»»
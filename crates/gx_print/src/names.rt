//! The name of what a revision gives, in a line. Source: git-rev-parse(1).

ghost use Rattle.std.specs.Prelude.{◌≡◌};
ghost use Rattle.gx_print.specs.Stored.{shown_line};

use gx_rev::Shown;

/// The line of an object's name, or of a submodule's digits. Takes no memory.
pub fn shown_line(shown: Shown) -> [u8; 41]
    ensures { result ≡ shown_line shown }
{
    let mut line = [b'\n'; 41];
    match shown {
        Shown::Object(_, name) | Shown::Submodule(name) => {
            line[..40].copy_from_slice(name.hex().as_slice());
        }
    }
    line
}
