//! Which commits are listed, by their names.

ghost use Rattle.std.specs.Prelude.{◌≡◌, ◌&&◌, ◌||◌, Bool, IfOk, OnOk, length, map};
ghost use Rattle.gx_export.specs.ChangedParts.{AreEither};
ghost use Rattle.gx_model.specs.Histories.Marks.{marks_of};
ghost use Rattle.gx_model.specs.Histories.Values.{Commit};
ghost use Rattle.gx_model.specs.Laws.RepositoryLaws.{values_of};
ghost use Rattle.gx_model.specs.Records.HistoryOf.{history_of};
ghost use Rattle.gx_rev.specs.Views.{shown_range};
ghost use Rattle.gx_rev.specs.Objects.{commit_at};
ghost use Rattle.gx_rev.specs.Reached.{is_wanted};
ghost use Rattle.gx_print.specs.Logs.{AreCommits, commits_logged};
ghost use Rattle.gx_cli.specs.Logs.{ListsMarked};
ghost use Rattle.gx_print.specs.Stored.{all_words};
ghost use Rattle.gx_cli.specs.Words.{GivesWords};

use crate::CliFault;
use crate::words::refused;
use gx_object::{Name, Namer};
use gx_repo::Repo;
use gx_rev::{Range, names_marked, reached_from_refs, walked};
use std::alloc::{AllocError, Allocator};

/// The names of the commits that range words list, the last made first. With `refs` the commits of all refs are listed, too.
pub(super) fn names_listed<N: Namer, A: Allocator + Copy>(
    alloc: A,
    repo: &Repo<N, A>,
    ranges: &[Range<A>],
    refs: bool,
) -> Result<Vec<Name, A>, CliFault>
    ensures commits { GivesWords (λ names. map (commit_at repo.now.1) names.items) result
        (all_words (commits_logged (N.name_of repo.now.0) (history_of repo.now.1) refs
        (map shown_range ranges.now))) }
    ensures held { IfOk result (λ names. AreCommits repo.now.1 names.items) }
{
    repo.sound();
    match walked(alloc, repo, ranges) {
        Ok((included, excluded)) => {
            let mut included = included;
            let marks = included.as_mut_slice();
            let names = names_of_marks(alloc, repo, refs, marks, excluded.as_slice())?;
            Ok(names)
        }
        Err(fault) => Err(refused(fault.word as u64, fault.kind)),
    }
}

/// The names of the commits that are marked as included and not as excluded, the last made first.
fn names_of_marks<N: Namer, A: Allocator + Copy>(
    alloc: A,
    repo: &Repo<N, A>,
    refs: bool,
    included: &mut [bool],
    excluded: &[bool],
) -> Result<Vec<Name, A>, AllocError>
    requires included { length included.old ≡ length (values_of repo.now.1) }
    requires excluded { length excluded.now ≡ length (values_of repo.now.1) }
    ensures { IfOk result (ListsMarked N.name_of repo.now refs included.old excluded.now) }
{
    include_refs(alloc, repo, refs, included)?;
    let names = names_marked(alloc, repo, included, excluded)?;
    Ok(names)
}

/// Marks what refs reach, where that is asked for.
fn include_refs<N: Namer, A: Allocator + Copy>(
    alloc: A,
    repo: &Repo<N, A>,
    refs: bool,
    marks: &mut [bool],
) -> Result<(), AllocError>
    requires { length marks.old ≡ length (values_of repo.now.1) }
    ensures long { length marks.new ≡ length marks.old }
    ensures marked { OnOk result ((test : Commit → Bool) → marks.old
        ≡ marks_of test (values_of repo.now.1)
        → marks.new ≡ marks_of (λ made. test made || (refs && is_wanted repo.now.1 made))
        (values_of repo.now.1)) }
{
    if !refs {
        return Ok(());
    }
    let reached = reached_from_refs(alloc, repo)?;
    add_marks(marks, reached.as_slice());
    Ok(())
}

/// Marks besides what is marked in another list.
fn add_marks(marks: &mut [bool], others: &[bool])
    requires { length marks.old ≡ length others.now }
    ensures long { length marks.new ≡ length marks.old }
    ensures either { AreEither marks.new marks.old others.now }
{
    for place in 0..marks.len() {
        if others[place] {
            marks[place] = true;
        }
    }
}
««
Lines wanted from the listing above: the line with "refs, marks, excluded.as_slice())?;" up to and including the line with "length excluded.now ≡". Please write them out exactly, adding nothing else.

Answer space:
            let names = names_of_marks(alloc, repo, refs, marks, excluded.as_slice())?;
            Ok(names)
        }
        Err(fault) => Err(refused(fault.word as u64, fault.kind)),
    }
}

/// The names of the commits that are marked as included and not as excluded, the last made first.
fn names_of_marks<N: Namer, A: Allocator + Copy>(
    alloc: A,
    repo: &Repo<N, A>,
    refs: bool,
    included: &mut [bool],
    excluded: &[bool],
) -> Result<Vec<Name, A>, AllocError>
    requires included { length included.old ≡ length (values_of repo.now.1) }
    requires excluded { length excluded.now ≡ length (values_of repo.now.1) }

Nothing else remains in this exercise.